Myspace ha segnato la fortuna di molti artisti emergenti, ma con l’avvento di Facebook, Twitter e simili il concetto di band si è ridotto ad essere un unico, grande cartellone pubblicitario nel quale si dà molta importanza all’impatto visivo sul pubblico, a discapito di quello musicale. Oggi sono indispensabili queste tecnologie?

«È innegabile che l’uso di questi social network sia un canale importante per la promozione di tutti quei gruppi che non hanno la possibilità di farsi notare attraverso i mezzi di comunicazione di massa. Questi siti riflettono però una visione distorta delle reali qualità delle band. Molte pagine di artisti semi-sconosciuti appaiono del tutto simile a quelle di star internazionali: l’aspetto positivo è che si riduce il divario di visibilità fra chi è già famoso e che emerge, mentre l’aspetto negativo è che possono apparire come affermati anche gruppi non meritevoli.»

Ora passiamo a cose meno complicate: com’è il rapporto nel gruppo? Dacci le tre regole per andare d’amore e d’accordo.

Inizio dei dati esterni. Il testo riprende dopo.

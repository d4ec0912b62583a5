//! What the program moves for.

use prompt::{Direction, Motion};

/// What the program moves for, while it does.
#[derive(Drop)]
pub(crate) enum Errand {
    /// Nothing.
    Nothing,
    /// This motion, and this many times more.
    Motion(Motion, u32),
    /// Until the value of an expression is another one.
    Change(Change),
}

/// A change that is looked for.
#[derive(Drop)]
pub(crate) struct Change {
    /// Which way.
    pub(crate) direction: Direction,
    /// The expression, as it was typed.
    pub(crate) text: String,
    /// The same, as the session is asked for it.
    pub(crate) expression: String,
    /// The value that it had.
    pub(crate) value: u32,
    /// Whether breakpoints look for another one.
    pub(crate) is_watched: bool,
    /// How many moves it may still take.
    pub(crate) left: u32,
}

impl Errand {
    /// How many of these moves may be made at once.
    pub(crate) fn most(&self, moves: u32) -> u32 {
        match self {
            Errand::Change(change) if change.is_watched => moves.min(change.left),
            _ => moves,
        }
    }

    /// So many moves were made. Whether no more may be is told.
    pub(crate) fn is_spent(&mut self, moved: u32) -> bool {
        match self {
            Errand::Change(change) if change.is_watched => {
                change.left = change.left.saturating_sub(moved);
                change.left == 0
            }
            _ => false,
        }
    }
}

/// The most moves after which a change is looked for no more.
pub(crate) const MOST_MOVES: u32 = 1_000_000;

«Noi quattro prima di tutto siamo grandi amici, condividiamo molto tempo insieme anche  fuori dalla sala prove. Le tre regole principali che ci uniscono sono il rispetto reciproco, l’impegno costante e condiviso e la capacità di scherzare al momento giusto.»

Avete concerti in previsione?

«Per ora stiamo ultimando la preparazione per i live, ma contiamo di riprendere ad esibirci dal vivo tra marzo e aprile.»

Mogol Bordello si occupa della  glocalizzazione della Bassa; il nostro territorio offre possibilità di farsi notare? Il pubblico reagisce bene o in qualche modo è restio?

«Per farsi notare c’è bisogno di molto impegno e intraprendenza: è importante conoscere i gruppi della zona e stringere amicizia con loro, aiutarsi a vicenda. Il nostro genere non si presta molto a locali che prediligono musica leggera, dove per lo più suonano cover band anni Ottanta, mentre le maggiori possibilità sono offerte da locali come circoli ARCI e rock club  dove talvolta si svolgono anche festival dedicati al genere.

Per quanto riguarda il pubblico il discorso è abbastanza analogo: le persone appassionate del genere assistono volentieri e a volte vanno proprio alla ricerca di gruppi emergenti, mentre chi in un certo senso ne è estraneo non si interessa neanche.»

I Burning Like Torches hanno autoprodotto l’EP Gravelights, contenente tre tracce (If I die; The discord between two parts of the same I; Dry clouds above visions), due delle quali sono ascoltabili sul loro profilo myspace.

I BLT nella Gorna. Da sinistra Stefano, Roberto, Lorenzo e Nicolò.